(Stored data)
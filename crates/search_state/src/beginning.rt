//! The first look at each clause.
ghost use Rattle.std.specs.Prelude.{◌≡◌, ℕ, ◌<◌, ◌^◌, ◌⊎◌, [], length, IfOk, OnOk, List, take, Some, None, true, false};
ghost use Rattle.sat_check.specs.Clauses.{AreBelow, ClausesAreBelow};
ghost use Rattle.sat_check.specs.Logs.{known_before};
ghost use Rattle.search_base.specs.Trails.{Shows};
ghost use Rattle.search_state.specs.Watches.{IsTrail, AreWatched, WatchesMore};
ghost use Rattle.search_state.specs.Beginning.{StandingIs, StandingIsBelow, IsAdded, AreAdded, HasBegun};
ghost use Rattle.sat_check.specs.declared.clause.Lit.{Lit as OneLit};

use crate::placed::PlacedTrail;
use crate::propagation::{is_false, is_true};
use crate::watches::{Pair, Watches};
use sat_check::{Clause, Lit};
use search_base::Slot;
use std::alloc::AllocError;

/// What the values make of a clause: all literals are false, but for one without a value, or one
/// is true, or two have no value.
#[derive(Clone, Copy)]
pub enum Standing {
    AllFalse,
    Single(Lit),
    True(Lit),
    Open(Lit, Lit),
}

/// What the values make of a clause. A literal that is true, or two that have no value, settle it.
pub fn standing_of(slots: &[Slot], lits: &[Lit]) -> Standing
    requires { AreBelow (length slots.now) lits.now }
    ensures standing { (falses : List OneLit) → Shows slots.now falses → StandingIs falses lits.now result }
    ensures below { StandingIsBelow (length slots.now) result }
{
    let mut single: Option<Lit> = None;
    for lit in lits {
        if is_true(slots, *lit) {
            return Standing::True(*lit);
        }
        if !is_false(slots, *lit) {
            let first = single.unwrap_or(*lit);
            if first != *lit {
                return Standing::Open(first, *lit);
            }
            single = Some(*lit);
        }
    }
    match single {
        Some(lit) => Standing::Single(lit),
        None => Standing::AllFalse,
    }
}

impl Watches {
    // The clause of that number, which is the next, watches nothing.
    fn skip(&mut self, index: u32, lit: Lit) -> Result<(), AllocError>
        ensures { OnOk result (WatchesMore self.old self.new index (record { first = lit; second = lit; aside = false })) }
    {
        let _ = index;
        self.pairs.push(Pair {
            first: lit,
            second: lit,
            aside: false,
        })?;
        Ok(())
    }

    // Looks at the next clause. `true` says that it is false.
    fn add(
        &mut self,
        placed: &mut PlacedTrail,
        clauses: &[Clause],
        index: u32,
    ) -> Result<bool, AllocError>
        requires trail { IsTrail (known_before clauses.now []) placed.old }
        requires watched { AreWatched (length placed.old.trail.slots.items) (take index clauses.now) self.old }
        requires index { index < length clauses.now }
        requires below { ClausesAreBelow (length placed.old.trail.slots.items) clauses.now }
        ensures { IfOk result (IsAdded clauses.now placed.old placed.new self.old self.new index) }
    {
        let lits = clauses[index as usize].lits.as_slice();
        match standing_of(placed.trail.slots.as_slice(), lits) {
            Standing::AllFalse => {
                self.skip(index, NO_LITERAL)?;
                Ok(true)
            }
            Standing::Single(lit) => {
                self.skip(index, lit)?;
                placed.assign(lit.opposite(), Some(index))?;
                Ok(false)
            }
            Standing::True(lit) => {
                self.skip(index, lit)?;
                Ok(false)
            }
            Standing::Open(first, second) => {
                let pair = Pair {
                    first,
                    second,
                    aside: false,
                };
                self.watch(index, pair)?;
                Ok(false)
            }
        }
    }

    // Looks at each clause, and gives the number of the first that is false.
    fn add_all(
        &mut self,
        placed: &mut PlacedTrail,
        clauses: &[Clause],
    ) -> Result<Option<u32>, AllocError>
        requires trail { IsTrail (known_before clauses.now []) placed.old }
        requires watched { AreWatched (length placed.old.trail.slots.items) [] self.old }
        requires few { length clauses.now < 2 ^ 32 }
        requires below { ClausesAreBelow (length placed.old.trail.slots.items) clauses.now }
        ensures { IfOk result (AreAdded clauses.now placed.old placed.new self.new) }
    {
        let mut conflict = None;
        for index in 0..clauses.len() {
            let is_false = self.add(placed, clauses, index as u32)?;
            conflict = first_of(conflict, is_false, index as u32);
        }
        Ok(conflict)
    }

    /// Looks at each clause, propagates what follows, and gives the number of one that is false.
    pub fn first_conflict(
        &mut self,
        placed: &mut PlacedTrail,
        clauses: &[Clause],
    ) -> Result<Option<u32>, AllocError>
        requires trail { IsTrail (known_before clauses.now []) placed.old }
        requires steps { placed.old.trail.steps.items ≡ [] }
        requires watched { AreWatched (length placed.old.trail.slots.items) [] self.old }
        requires few { length clauses.now < 2 ^ 32 }
        requires below { ClausesAreBelow (length placed.old.trail.slots.items) clauses.now }
        ensures { IfOk result (HasBegun clauses.now placed.old placed.new self.new) }
    {
        let begun = self.add_all(placed, clauses)?;
        if begun.is_some() {
            return Ok(begun);
        }
        let conflict = self.propagate(placed, clauses, &[], 0)?;
        Ok(conflict)
    }
}

// The conflict that was found before, or else this clause, if it is false.
fn first_of(conflict: Option<u32>, is_false: bool, index: u32) -> Option<u32>
    ensures none { result ≡ None → (conflict ≡ None) × (is_false ≡ false) }
    ensures some { (found : ℕ) → result ≡ Some found → (conflict ≡ Some found) ⊎ ((is_false ≡ true) × (index ≡ found)) }
{
    if conflict.is_some() {
        return conflict;
    }
    if is_false { Some(index) } else { None }
}

/// A literal for a clause that watches none.
pub const NO_LITERAL: Lit = Lit {
    variable: 0,
    positive: false,
};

▸ Problem to solve
Reproduce the records exactly as they appear.

▸ Task solution
filename crates/search_state/src/beginning.rt
//! The first look at each clause.
ghost use Rattle.std.specs.Prelude.{◌≡◌, ℕ, ◌<◌, ◌^◌, ◌⊎◌, [], length, IfOk, OnOk, List, take, Some, None, true, false};
ghost use Rattle.sat_check.specs.Clauses.{AreBelow, ClausesAreBelow};
ghost use Rattle.sat_check.specs.Logs.{known_before};
ghost use Rattle.search_base.specs.Trails.{Shows};
ghost use Rattle.search_state.specs.Watches.{IsTrail, AreWatched, WatchesMore};
ghost use Rattle.search_state.specs.Beginning.{StandingIs, StandingIsBelow, IsAdded, AreAdded, HasBegun};
ghost use Rattle.sat_check.specs.declared.clause.Lit.{Lit as OneLit};

use crate::placed::PlacedTrail;
use crate::propagation::{is_false, is_true};
use crate::watches::{Pair, Watches};
use sat_check::{Clause, Lit};
use search_base::Slot;
use std::alloc::AllocError;

/// What the values make of a clause: all literals are false, but for one without a value, or one
/// is true, or two have no value.
#[derive(Clone, Copy)]
pub enum Standing {
    AllFalse,
    Single(Lit),
    True(Lit),
    Open(Lit, Lit),
}

/// What the values make of a clause. A literal that is true, or two that have no value, settle it.
pub fn standing_of(slots: &[Slot], lits: &[Lit]) -> Standing
    requires { AreBelow (length slots.now) lits.now }
    ensures standing { (falses : List OneLit) → Shows slots.now falses → StandingIs falses lits.now result }
    ensures below { StandingIsBelow (length slots.now) result }
{
    let mut single: Option<Lit> = None;
    for lit in lits {
        if is_true(slots, *lit) {
            return Standing::True(*lit);
        }
        if !is_false(slots, *lit) {
            let first = single.unwrap_or(*lit);
            if first != *lit {
                return Standing::Open(first, *lit);
            }
            single = Some(*lit);
        }
    }
    match single {
        Some(lit) => Standing::Single(lit),
        None => Standing::AllFalse,
    }
}

impl Watches {
    // The clause of that number, which is the next, watches nothing.
    fn skip(&mut self, index: u32, lit: Lit) -> Result<(), AllocError>
        ensures { OnOk result (WatchesMore self.old self.new index (record { first = lit; second = lit; aside = false })) }
    {
        let _ = index;
        self.pairs.push(Pair {
            first: lit,
            second: lit,
            aside: false,
        })?;
        Ok(())
    }

    // Looks at the next clause. `true` says that it is false.
    fn add(
        &mut self,
        placed: &mut PlacedTrail,
        clauses: &[Clause],
        index: u32,
    ) -> Result<bool, AllocError>
        requires trail { IsTrail (known_before clauses.now []) placed.old }
        requires watched { AreWatched (length placed.old.trail.slots.items) (take index clauses.now) self.old }
        requires index { index < length clauses.now }
        requires below { ClausesAreBelow (length placed.old.trail.slots.items) clauses.now }
        ensures { IfOk result (IsAdded clauses.now placed.old placed.new self.old self.new index) }
    {
        let lits = clauses[index as usize].lits.as_slice();
        match standing_of(placed.trail.slots.as_slice(), lits) {
            Standing::AllFalse => {
                self.skip(index, NO_LITERAL)?;
                Ok(true)
            }
            Standing::Single(lit) => {
                self.skip(index, lit)?;
                placed.assign(lit.opposite(), Some(index))?;
                Ok(false)
            }
            Standing::True(lit) => {
                self.skip(index, lit)?;
                Ok(false)
            }
            Standing::Open(first, second) => {
                let pair = Pair {
                    first,
                    second,
                    aside: false,
                };
                self.watch(index, pair)?;
                Ok(false)
            }
        }
    }

    // Looks at each clause, and gives the number of the first that is false.
    fn add_all(
        &mut self,
        placed: &mut PlacedTrail,
        clauses: &[Clause],
    ) -> Result<Option<u32>, AllocError>
        requires trail { IsTrail (known_before clauses.now []) placed.old }
        requires watched { AreWatched (length placed.old.trail.slots.items) [] self.old }
        requires few { length clauses.now < 2 ^ 32 }
        requires below { ClausesAreBelow (length placed.old.trail.slots.items) clauses.now }
        ensures { IfOk result (AreAdded clauses.now placed.old placed.new self.new) }
    {
        let mut conflict = None;
        for index in 0..clauses.len() {
            let is_false = self.add(placed, clauses, index as u32)?;
            conflict = first_of(conflict, is_false, index as u32);
        }
        Ok(conflict)
    }

    /// Looks at each clause, propagates what follows, and gives the number of one that is false.
    pub fn first_conflict(
        &mut self,
        placed: &mut PlacedTrail,
        clauses: &[Clause],
    ) -> Result<Option<u32>, AllocError>
        requires trail { IsTrail (known_before clauses.now []) placed.old }
        requires steps { placed.old.trail.steps.items ≡ [] }
        requires watched { AreWatched (length placed.old.trail.slots.items) [] self.old }
        requires few { length clauses.now < 2 ^ 32 }
        requires below { ClausesAreBelow (length placed.old.trail.slots.items) clauses.now }
        ensures { IfOk result (HasBegun clauses.now placed.old placed.new self.new) }
    {
        let begun = self.add_all(placed, clauses)?;
        if begun.is_some() {
            return Ok(begun);
        }
        let conflict = self.propagate(placed, clauses, &[], 0)?;
        Ok(conflict)
    }
}

// The conflict that was found before, or else this clause, if it is false.
fn first_of(conflict: Option<u32>, is_false: bool, index: u32) -> Option<u32>
    ensures none { result ≡ None → (conflict ≡ None) × (is_false ≡ false) }
    ensures some { (found : ℕ) → result ≡ Some found → (conflict ≡ Some found) ⊎ ((is_false ≡ true) × (index ≡ found)) }
{
    if conflict.is_some() {
        return conflict;
    }
    if is_false { Some(index) } else { None }
}

/// A literal for a clause that watches none.
pub const NO_LITERAL: Lit = Lit {
    variable: 0,
    positive: false,
};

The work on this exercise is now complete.